## Exercise
Give back, word for word, the lines in the listing below from the one holding "result ≡ reading.import_status" down to the one holding "give a key up.", both ends included.

## Dataset entries
//! What a response of Web3Signer means.
ghost use Rattle.std.specs.Prelude.{◌≡◌, ◌⊎◌, IfOk, option_map};
ghost use Rattle.serde_json.specs.Find.{get};
ghost use Rattle.serde_json.specs.View.{view};
ghost use Rattle.web3_signer.specs.Readings as reading;

use crate::blanks::trimmed;
use edge_kit::{Items, Sig};
use hex::FromHex;
use http_wire::{Response, WireFault};
use serde_json::Value;
use signer_link::{DeleteReply, ImportReply, SignReply};
use std::alloc::{AllocError, Global};

/// The status of the one key of a keystores call, and the message next to it.
#[derive(Drop)]
struct KeyStatus {
    status: String,
    message: Items<u8>,
}

/// What a response, or its lack, says to a call for a signature.
pub(crate) fn sign_reply(alloc: Global, response: Result<Response, WireFault>) -> SignReply
    ensures { (result ≡ reading.sign_reading response) ⊎ (result ≡ SignReply.OutOfMemory) }
{
    match response {
        Ok(response) => sign_answer(alloc, response.status, response.body),
        Err(WireFault::Link) => SignReply::Fault,
        Err(WireFault::OutOfMemory) => SignReply::OutOfMemory,
        Err(_) => SignReply::BadAnswer(Items::new(alloc)),
    }
}

fn sign_answer(alloc: Global, status: u16, body: Vec<u8>) -> SignReply
    ensures { (result ≡ reading.sign_answer status body.items) ⊎ (result ≡ SignReply.OutOfMemory) }
{
    if status == 404 {
        return SignReply::NoKey(Some(404));
    }
    if status != 200 {
        return SignReply::Denied(status);
    }
    match signature_of(alloc, body.as_slice()) {
        Ok(Some(signature)) => SignReply::Signed(signature),
        Ok(None) => SignReply::BadAnswer(Items::from_vec(body)),
        Err(_) => SignReply::OutOfMemory,
    }
}

/// The signature that a body is, or that its object has.
fn signature_of(alloc: Global, body: &[u8]) -> Result<Option<Sig>, AllocError>
    ensures { IfOk result (λ found. found ≡ reading.signature_of body.now) }
{
    if let Some(signature) = signature_in(body) {
        return Ok(Some(signature));
    }
    match data_of(alloc, body)? {
        Some(value) => Ok(member_signature(&value)),
        None => Ok(None),
    }
}

fn member_signature(value: &Value) -> Option<Sig>
    ensures { result ≡ reading.member_signature (view value.now) }
{
    signature_in(text_at(value, "signature")?.as_bytes())
}

/// The signature that a text is.
fn signature_in(text: &[u8]) -> Option<Sig>
    ensures { result ≡ reading.signature_in text.now }
{
    let text = trimmed(text);
    if !text.starts_with(b"0x") {
        return None;
    }
    <[u8; 96] as FromHex>::from_hex(&text[2..]).ok().map(Sig)
}

/// The text of a member.
fn text_at<'a>(value: &'a Value, name: &str) -> Option<&'a str>
    ensures { option_map (λ text. text.now) result ≡ reading.text_at name.now (view value.now) }
{
    value.get(name).and_then(Value::as_str)
}

/// The JSON that bytes are, if they are any. The error is want of memory.
fn data_of(alloc: Global, bytes: &[u8]) -> Result<Option<Value>, AllocError>
    ensures { IfOk result (λ found. option_map view found ≡ reading.data_of bytes.now) }
{
    match Value::from_slice(alloc, bytes) {
        Ok(value) => Ok(Some(value)),
        Err(error) => {
            if error.is_memory() {
                Err(AllocError)
            } else {
                Ok(None)
            }
        }
    }
}

/// What a response, or its lack, says to a call to take a key in.
pub(crate) fn import_reply(alloc: Global, response: Result<Response, WireFault>) -> ImportReply
    ensures { (result ≡ reading.import_reading response) ⊎ (result ≡ ImportReply.OutOfMemory) }
{
    match response {
        Ok(response) => import_answer(alloc, response.status, response.body),
        Err(WireFault::Link) => ImportReply::Fault,
        Err(WireFault::OutOfMemory) => ImportReply::OutOfMemory,
        Err(_) => ImportReply::BadAnswer(Items::new(alloc)),
    }
}

fn import_answer(alloc: Global, status: u16, body: Vec<u8>) -> ImportReply
    ensures { (result ≡ reading.import_answer status body.items) ⊎ (result ≡ ImportReply.OutOfMemory) }
{
    if status != 200 {
        return match status_text(alloc, status) {
            Ok(text) => ImportReply::Refused(text),
            Err(_) => ImportReply::OutOfMemory,
        };
    }
    match status_of(alloc, body.as_slice()) {
        Ok(found) => import_status(body, found),
        Err(_) => ImportReply::OutOfMemory,
    }
}

fn import_status(body: Vec<u8>, found: Option<KeyStatus>) -> ImportReply
    ensures { result ≡ reading.import_status body.items (option_map reading.status_pair found) }
{
    let Some(key) = found else {
        return ImportReply::BadAnswer(Items::from_vec(body));
    };
    match key.status.as_str() {
        "imported" => ImportReply::Imported,
        "duplicate" => ImportReply::Duplicate,
        "error" => ImportReply::Refused(key.message),
        _ => ImportReply::BadAnswer(Items::from_vec(body)),
    }
}

/// What a response, or its lack, says to a call to give a key up.
pub(crate) fn delete_reply(alloc: Global, response: Result<Response, WireFault>) -> DeleteReply
    ensures { (result ≡ reading.delete_reading response) ⊎ (result ≡ DeleteReply.OutOfMemory) }
{
    match response {
        Ok(response) => delete_answer(alloc, response.status, response.body),
        Err(WireFault::Link) => DeleteReply::Fault,
        Err(WireFault::OutOfMemory) => DeleteReply::OutOfMemory,
        Err(_) => DeleteReply::BadAnswer(Items::new(alloc)),
    }
}

fn delete_answer(alloc: Global, status: u16, body: Vec<u8>) -> DeleteReply
    ensures { (result ≡ reading.delete_answer status body.items) ⊎ (result ≡ DeleteReply.OutOfMemory) }
{
    if status != 200 {
        return match status_text(alloc, status) {
            Ok(text) => DeleteReply::Refused(text),
            Err(_) => DeleteReply::OutOfMemory,
        };
    }
    match status_of(alloc, body.as_slice()) {
        Ok(found) => delete_status(body, found),
        Err(_) => DeleteReply::OutOfMemory,
    }
}

fn delete_status(body: Vec<u8>, found: Option<KeyStatus>) -> DeleteReply
    ensures { result ≡ reading.delete_status body.items (option_map reading.status_pair found) }
{
    let Some(key) = found else {
        return DeleteReply::BadAnswer(Items::from_vec(body));
    };
    match key.status.as_str() {
        "deleted" => DeleteReply::Deleted,
        "not_active" => DeleteReply::NotActive,
        "not_found" => DeleteReply::NotFound,
        "error" => DeleteReply::Refused(key.message),
        _ => DeleteReply::BadAnswer(Items::from_vec(body)),
    }
}

/// What is told of a status other than 200.
fn status_text(alloc: Global, status: u16) -> Result<Items<u8>, AllocError>
    ensures { IfOk result (λ text. text ≡ reading.status_text status) }
{
    let text = format!(in alloc; "status {status}")?;
    Ok(Items::from_vec(text.into_bytes()))
}

/// The status of the one key that a body lists.
fn status_of(alloc: Global, body: &[u8]) -> Result<Option<KeyStatus>, AllocError>
    ensures { IfOk result (λ found. option_map reading.status_pair found ≡ reading.status_of body.now) }
{
    match data_of(alloc, body)? {
        Some(value) => listed_status(alloc, &value),
        None => Ok(None),
    }
}

fn listed_status(alloc: Global, value: &Value) -> Result<Option<KeyStatus>, AllocError>
    ensures { IfOk result (λ found. option_map reading.status_pair found ≡ reading.listed_status (view value.now)) }
{
    let Some(item) = only_item(value) else {
        return Ok(None);
    };
    key_status(alloc, item)
}

/// The one item of the list `data`.
fn only_item(value: &Value) -> Option<&Value>
    ensures { option_map (λ item. view item.now) result ≡ reading.only_of (view value.now) }
{
    let list = value.get("data")?.as_array()?;
    if list.len() != 1 {
        return None;
    }
    Some(&list[0])
}

fn key_status(alloc: Global, value: &Value) -> Result<Option<KeyStatus>, AllocError>
    ensures { IfOk result (λ found. option_map reading.status_pair found ≡ reading.key_status (view value.now)) }
{
    let Some(status) = text_at(value, "status") else {
        return Ok(None);
    };
    let message = text_at(value, "message").unwrap_or("");
    Ok(Some(KeyStatus {
        status: String::from_str(alloc, status)?,
        message: Items::from_vec(Vec::from_slice(alloc, message.as_bytes())?),
    }))
}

## Problem solution
    ensures { result ≡ reading.import_status body.items (option_map reading.status_pair found) }
{
    let Some(key) = found else {
        return ImportReply::BadAnswer(Items::from_vec(body));
    };
    match key.status.as_str() {
        "imported" => ImportReply::Imported,
        "duplicate" => ImportReply::Duplicate,
        "error" => ImportReply::Refused(key.message),
        _ => ImportReply::BadAnswer(Items::from_vec(body)),
    }
}

/// What a response, or its lack, says to a call to give a key up.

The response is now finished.